**What the exercise asks:** Search the data for the word "changed" and copy each line that has it.
(Dataset records begins)
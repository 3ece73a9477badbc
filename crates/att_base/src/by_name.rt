// What is read and written by name.
ghost use Rattle.std.specs.Prelude.{◌≡◌, ◌≢◌, ℕ, ◌≤◌, ◌⊎◌, List, [], ◌∷◌, length, Option, Some, IfOk, OnOk, OnErr, IsErrOf};
ghost use Rattle.att_base.specs.Files.{Contents, FilesView, IsName, with_name, put_under, add_under, AddsFront, PutsFront, whole_file, ReadsWhole, asked_more, CountsRead, CountsWrite};

use crate::faults::{FileFault, ReadFault};
use std::alloc::Global;

/// The most bytes of a file's name.
pub const NAME_BYTES: usize = 255;

/// Files, which are read and written by name. A name is a text of 1 to 255 bytes.
pub trait Files {
    /// What is held, which names were asked for, and how often a call has failed.
    ghost shows: { Self → FilesView };

    /// The whole file, if it has at most `limit` bytes. No file is changed.
    ///
    /// Where what is held is told, `Missing` comes exactly where nothing has the name, and raises no count, and
    /// `TooLong` exactly where more than `limit` bytes are held; both come before any want of memory. Where it
    /// isn't told, `Missing` counts as a fault. No other answer but `Failed` raises the count.
    fn read(&mut self, alloc: Global, name: &str, limit: u64) -> Result<Vec<u8>, ReadFault>
        requires { IsName name.now }
        ensures reads { (known : Contents) → (shows self.old).held ≡ Some known → ReadsWhole (λ v. v.items) (whole_file limit (known name.now)) result }
        ensures within { IfOk result (λ v. length v.items ≤ limit) }
        ensures same { (shows self.new).held ≡ (shows self.old).held }
        ensures asked { (shows self.new).asked ≡ asked_more (name.now ∷ []) (shows self.old).asked }
        ensures counted { CountsRead result (shows self.old).held (shows self.old).faults (shows self.new).faults };

    /// Leaves the name with no bytes, and makes it where nothing had it. A refusal changes nothing, and only `Failed`
    /// raises the count of faults.
    fn clear(&mut self, alloc: Global, name: &str) -> Result<(), FileFault>
        requires { IsName name.now }
        ensures ok { OnOk result ((shows self.new).held ≡ put_under (shows self.old).held name.now []) }
        ensures err { OnErr result ((shows self.new).held ≡ (shows self.old).held) }
        ensures asked { (shows self.new).asked ≡ (shows self.old).asked }
        ensures counted { CountsWrite result (shows self.old).faults (shows self.new).faults };

    /// Appends the whole piece to the name's bytes, and makes the name where nothing had it. After `Failed` a
    /// front of the piece may have been appended; after `Memory` nothing was. Only `Failed` raises the count.
    fn append(&mut self, alloc: Global, name: &str, piece: &[u8]) -> Result<(), FileFault>
        requires { IsName name.now }
        ensures ok { OnOk result ((shows self.new).held ≡ add_under (shows self.old).held name.now piece.now) }
        ensures err { OnErr result (AddsFront (shows self.old).held (shows self.new).held name.now piece.now) }
        ensures memory { IsErrOf result FileFault.Memory → (shows self.new).held ≡ (shows self.old).held }
        ensures asked { (shows self.new).asked ≡ (shows self.old).asked }
        ensures counted { CountsWrite result (shows self.old).faults (shows self.new).faults };
}

/// The law of what is put under a name: the name has it, and each other name has what it had.
pub fn names_are_apart()
    ensures here { (held : Contents) (name bytes : List ℕ) → with_name held name bytes name ≡ Some bytes }
    ensures others { (held : Contents) (name bytes other : List ℕ) → name ≢ other → with_name held name bytes other ≡ held other }
{}

/// Reads a file whole, if it has at most `limit` bytes, by one call. No file is changed.
pub fn read_whole<F: Files>(
    alloc: Global,
    files: &mut F,
    name: &str,
    limit: u64,
) -> Result<Vec<u8>, ReadFault>
    requires { IsName name.now }
    ensures reads { (known : Contents) → (F.shows files.old).held ≡ Some known → ReadsWhole (λ v. v.items) (whole_file limit (known name.now)) result }
    ensures within { IfOk result (λ v. length v.items ≤ limit) }
    ensures same { (F.shows files.new).held ≡ (F.shows files.old).held }
    ensures asked { (F.shows files.new).asked ≡ asked_more (name.now ∷ []) (F.shows files.old).asked }
    ensures counted { CountsRead result (F.shows files.old).held (F.shows files.old).faults (F.shows files.new).faults }
{
    files.read(alloc, name, limit)
}

/// Writes a file whole: the name is cleared, and then all bytes are appended in one call, unless there are none.
///
/// After `Failed` the file is as it was, or has a front of the bytes; after `Memory` it is as it was, or has none.
/// No other file is changed, and nothing is tried again.
pub fn write_whole<F: Files>(
    alloc: Global,
    files: &mut F,
    name: &str,
    bytes: &[u8],
) -> Result<(), FileFault>
    requires { IsName name.now }
    ensures ok { OnOk result ((F.shows files.new).held ≡ put_under (F.shows files.old).held name.now bytes.now) }
    ensures err { OnErr result (PutsFront (F.shows files.old).held (F.shows files.new).held name.now bytes.now) }
    ensures memory { IsErrOf result FileFault.Memory
        → ((F.shows files.new).held ≡ (F.shows files.old).held) ⊎ ((F.shows files.new).held ≡ put_under (F.shows files.old).held name.now []) }
    ensures asked { (F.shows files.new).asked ≡ (F.shows files.old).asked }
    ensures counted { CountsWrite result (F.shows files.old).faults (F.shows files.new).faults }
{
    files.clear(alloc, name)?;
    if bytes.is_empty() {
        return Ok(());
    }
    files.append(alloc, name, bytes)
}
(Dataset records ends)
**Written answer:**
    /// The whole file, if it has at most `limit` bytes. No file is changed.
/// Reads a file whole, if it has at most `limit` bytes, by one call. No file is changed.
/// No other file is changed, and nothing is tried again.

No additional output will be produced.